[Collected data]
══════════
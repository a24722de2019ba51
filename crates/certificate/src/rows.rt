// Rows that are made of others.
ghost use Rattle.std.specs.Prelude.{◌≡◌, ℕ, ◌<◌, ◌≤◌, [], length, pos, negsuc, ◌≤ℤ◌, slice_index_or};
ghost use Rattle.dossier.specs.Rows as rows;
ghost use Rattle.certificate.specs.Arrays.{row_of, RowWithin, seven, short, long, wide};

use crate::line::product;

// A constant and up to six coefficients. How large the numbers may be is asked by clauses: rows of three bounds stand in one table,
// and a type for each bound would have to be left wherever a row is pushed. All rows of a dossier have as many variables as its head
// tells, which is passed where it is needed: a length in each row would say the same for all of them, and the definitions have none.
pub(crate) type Row = [i64; 7];

pub(crate) fn zero_row() -> Row
    ensures { row_of result ≡ rows.zero_row }
{
    [0; 7]
}

// The row -1.
pub(crate) fn minus_one() -> Row
    ensures { row_of result ≡ rows.minus_one }
{
    [-1, 0, 0, 0, 0, 0, 0]
}

// One row less another, and the constant less a number. By the index: a `zip` of three rows would nest.
pub(crate) fn difference(old: &Row, new: &Row, less: u8) -> Row
    requires old { RowWithin long (row_of old.now) }
    requires new { RowWithin long (row_of new.now) }
    ensures { row_of result ≡ rows.less (rows.difference (row_of old.now) (row_of new.now)) less }
{
    let mut result = [0; 7];
    for (j, number) in result.iter_mut().enumerate() {
        *number = old[j] - new[j];
    }
    result[0] -= less as i64;
    result
}

// A column of a row with each variable replaced by a row. Variable v has number v + 1 of the row, so that both go by v, as the
// definition does: a `zip` would begin at the second number.
pub(crate) fn taken_column(row: &Row, updates: &[Row], column: usize) -> i64
    requires few { length updates.now ≤ 6 }
    requires column { column < 7 }
    requires row { RowWithin short (row_of row.now) }
    requires updates { (v : ℕ) → v < length updates.now → RowWithin wide (row_of (slice_index_or updates.now v [])) }
    ensures { result ≡ rows.taken (length updates.now) (row_of row.now) (λ v. row_of (slice_index_or updates.now v [])) column }
{
    let mut sum = if column == 0 { row[0] } else { 0 };
    for (v, update) in updates.iter().enumerate() {
        let term = product(row[v + 1], update[column]);
        sum += term;
    }
    sum
}

// A row with each variable replaced by its update row.
pub(crate) fn taken(row: &Row, updates: &[Row]) -> Row
    requires few { length updates.now ≤ 6 }
    requires row { RowWithin short (row_of row.now) }
    requires updates { (v : ℕ) → v < length updates.now → RowWithin short (row_of (slice_index_or updates.now v [])) }
    ensures { row_of result ≡ seven (rows.taken (length updates.now) (row_of row.now) (λ v. row_of (slice_index_or updates.now v []))) }
{
    let mut result = [0; 7];
    for (j, number) in result.iter_mut().enumerate() {
        *number = taken_column(row, updates, j);
    }
    result
}
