// A reader of one frame: a struct that holds the line slice and a cursor, and thin functions over functions on a plain slice and
// numbers.

#![tactic(auto)]

ghost use Rattle.std.specs.Prelude.{◌≡◌, ◌+◌, ◌≤◌, ◌<◌, ◌^◌, eqb, length};
ghost use Rattle.hexa.specs.Digits.{number_at};

#[derive(Clone, Copy)]
pub struct Frame<'a> {
    pub line: &'a [u8],
    pub at: usize,
}

impl<'a> Frame<'a> {
    // The line at its start.
    pub fn new(line: &'a [u8]) -> Frame<'a>
        ensures { (result.line ≡ line.entry) × (result.at ≡ 0) }
    {
        Frame { line, at: 0 }
    }

    // The same line, n places further on.
    pub fn advanced(self, n: usize) -> Frame<'a>
        requires { self.at + n < 2 ^ 64 }
        ensures { (result.line ≡ self.entry.line) × (result.at ≡ self.entry.at + n) }
    {
        Frame {
            at: self.at + n,
            ..self
        }
    }

    // The number of d digits that stands at the place.
    pub fn digits(self, d: usize) -> Option<u32>
        requires { d ≤ 8 }
        ensures { result ≡ number_at self.entry.line.now self.entry.at d }
    {
        hexa::number_at(self.line, self.at, d)
    }

    // Whether the line ends at the place.
    pub fn ended(self) -> bool
        ensures { result ≡ eqb self.entry.at (length self.entry.line.now) }
    {
        hexa::ends_at(self.line, self.at)
    }
}

// The number of d digits at a place of a line. Whoever reads a frame calls this and `ends` with plain parameters.
pub fn field(line: &[u8], at: usize, d: usize) -> Option<u32>
    requires { d ≤ 8 }
    ensures { result ≡ number_at line.now at d }
{
    Frame::new(line).advanced(at).digits(d)
}

// Whether a line ends at a place.
pub fn ends(line: &[u8], at: usize) -> bool
    ensures { result ≡ eqb at (length line.now) }
{
    Frame::new(line).advanced(at).ended()
}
══════════
◆ TRY IT ◆
Which of the lines in the data contain the string "self"? Return each one.

◆ ANSWER FOR THIS EXERCISE ◆
    pub fn advanced(self, n: usize) -> Frame<'a>
        requires { self.at + n < 2 ^ 64 }
        ensures { (result.line ≡ self.entry.line) × (result.at ≡ self.entry.at + n) }
            at: self.at + n,
            ..self
    pub fn digits(self, d: usize) -> Option<u32>
        ensures { result ≡ number_at self.entry.line.now self.entry.at d }
        hexa::number_at(self.line, self.at, d)
    pub fn ended(self) -> bool
        ensures { result ≡ eqb self.entry.at (length self.entry.line.now) }
        hexa::ends_at(self.line, self.at)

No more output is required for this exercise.